# A few PBP questions.



## munkeygurl (Jun 4, 2012)

Hi I'm new here though have been on your sister site BYC. I just got a Pot belly piggy and have a few questions that I'm hoping someone can help me with.

We came across Takoda (the PBp) last Monday I don't have any information on how old he is or where he came from. Is there a way to tell how old he is? I've had a WIDE verity of ages guessed for him (though I'm also currently trying to set up a vet appt.) is there a way I can better guess his age?

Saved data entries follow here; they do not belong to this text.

ghost use Rattle.std.specs.Prelude.{◌≡◌, ◌<◌, ◌≤◌, ◌+◌, ◌++◌, Some, false, length, take, IfOk, OnErr};
ghost use Rattle.ssh_model.specs.Laws.MacOnly.{mac_only};
ghost use Rattle.ssh_model.specs.Laws.Units.{IsPartialPacket};
ghost use Rattle.ssh_trace.specs.EpochEnd.{EndAsks, EndFinds, SameKeys, new_end};

use ssh_packet::{HmacKey, LONGEST_PAYLOAD, MacOnly, PacketReceiver, PacketSender, PacketStep};
use ssh_toys::ToyFiller;
use ssh_types::Refusal;
use std::alloc::{AllocError, Global};
use std::marker::Model;

/// One end of an epoch. It seals the packets that it sends under one key, and opens those that it takes under another. Its padding is
/// zeros.
#[derive(Drop)]
pub(crate) struct EpochEnd {
    sender: PacketSender<MacOnly>,
    receiver: PacketReceiver<MacOnly>,
    dead: bool,
}

impl Model for EpochEnd {
    ghost use Rattle.ssh_trace.specs.EpochEnd.{End, IsKept, end_of};

    ghost Value = { End };

    ghost view = { λ e. end_of e.sender e.receiver e.dead };

    ghost invariant = { λ e. IsKept e.sender e.receiver e.dead };
}

/// The result of an ask at an end.
#[derive(Clone, Copy)]
pub(crate) enum AskStep {
    Sent,
    TooLong,
    Spent,
}

impl EpochEnd {
    /// An end of one epoch, under these two keys.
    ///
    /// # Errors
    ///
    /// Only if memory is refused.
    pub fn new(
        alloc: Global,
        sending_key: HmacKey,
        taking_key: HmacKey,
    ) -> Result<EpochEnd, AllocError>
        ensures { IfOk result (λ end. end ≡ new_end sending_key taking_key) }
    {
        Ok(EpochEnd {
            sender: PacketSender::with_key(sending_key),
            receiver: PacketReceiver::with_key(alloc, taking_key)?,
            dead: false,
        })
    }

    /// Tests whether the end is over.
    pub fn is_dead(&self) -> bool
        ensures { result ≡ self.now.dead }
    {
        self.dead
    }

    /// The payload that was taken last.
    pub fn payload(&self) -> &[u8]
        ensures { result.now ≡ self.now.payload }
    {
        self.receiver.payload()
    }

    /// How many bytes of a partial packet are held. Those of a living end are the first bytes of a packet.
    pub fn held(&self) -> usize
        ensures held { result ≡ length self.now.buffered }
        ensures buffered { self.now.dead ≡ false → IsPartialPacket mac_only (Some self.now.taking_key) self.now.taken self.now.buffered }
    {
        self.receiver.held()
    }

    /// Sends a payload.
    ///
    /// # Errors
    ///
    /// Only if memory is refused: nothing is put out, and no payload is counted.
    #[tactic(auto, using(crate::proofs::Counts::sealed_as))]
    pub fn ask(&mut self, payload: &[u8], out: &mut Vec<u8>) -> Result<AskStep, AllocError>
        // What the caller must ensure.
        requires alive { self.old.dead ≡ false }
        requires some { 1 ≤ length payload.now }
        // What it does.
        ensures asked { IfOk result (λ step. EndAsks payload.now self.old step self.new out.old.items out.new.items) }
        ensures keys { SameKeys self.old self.new }
        // If it fails.
        ensures kept { OnErr result (self.new ≡ self.old) }
        ensures out { OnErr result (out.new.items ≡ out.old.items) }
    {
        if payload.len() > LONGEST_PAYLOAD {
            return Ok(AskStep::TooLong);
        }
        if self.sender.is_spent() {
            self.dead = true;
            return Ok(AskStep::Spent);
        }
        let mut zeros = ToyFiller { byte: 0 };
        self.sender.send(payload, &mut zeros, out)?;
        Ok(AskStep::Sent)
    }

    /// Takes bytes to the end of one packet.
    #[tactic(auto, using(crate::proofs::Counts::unit_of))]
    pub fn take(&mut self, bytes: &[u8]) -> (usize, PacketStep<Refusal>)
        // What the caller must ensure.
        requires alive { self.old.dead ≡ false }
        // What it does.
        ensures used { result.0 ≤ length bytes.now }
        ensures progress { 0 < length bytes.now → 0 < result.0 }
        ensures more { result.1 ≡ PacketStep.More → result.0 ≡ length bytes.now }
        ensures found { EndFinds (self.old.buffered ++ take result.0 bytes.now) self.old result.1 self.new }
        ensures keys { SameKeys self.old self.new }
    {
        let (used, step) = self.receiver.take(bytes);
        if matches!(step, PacketStep::Refused(_)) {
            self.dead = true;
        }
        (used, step)
    }
}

Also he has super dry skin, I've given him ivermectin already but would like to help him with the dry skin as well. If needed I will do my best to get pictures. 

thank you so much,
Munkeygurl


----------



## SheepGirl (Jun 4, 2012)

Corn husker's lotion is given to lambs who are frequently sheared to help freshen up their hide. I think you would be able to put that on your pig.


----------



## munkeygurl (Jun 4, 2012)

thank you, I will have to stop out and get some to try it.


----------



## Royd Wood (Jun 4, 2012)

Olive oil works - good luck and let us know what works oh and


----------



## munkeygurl (Jun 4, 2012)

Thank you so much, I will try that tomorrow! and thank you for the welcome


----------



## Stubbornhillfarm (Jun 5, 2012)

and congratulations on your new friend!


----------



## munkeygurl (Jun 5, 2012)

So far so good with the olive oil! thank you so much 

and thank you Stubbornhillfarm for the welcome and congratulations!


----------



## munkeygurl (Jun 6, 2012)

Here are some images of my pbp.


----------



## SDGsoap&dairy (Jun 7, 2012)

That looks like mites.  Your best bet is to have a skin scraping done during your vet appointment and get him on the appropriate meds.  It's certainly not just dry skin.  Congrats on your new PBP!  Ours is such a hoot.


----------



## munkeygurl (Jun 7, 2012)

wouldn't ivermectin kill them?


----------



## Cornish Heritage (Jun 9, 2012)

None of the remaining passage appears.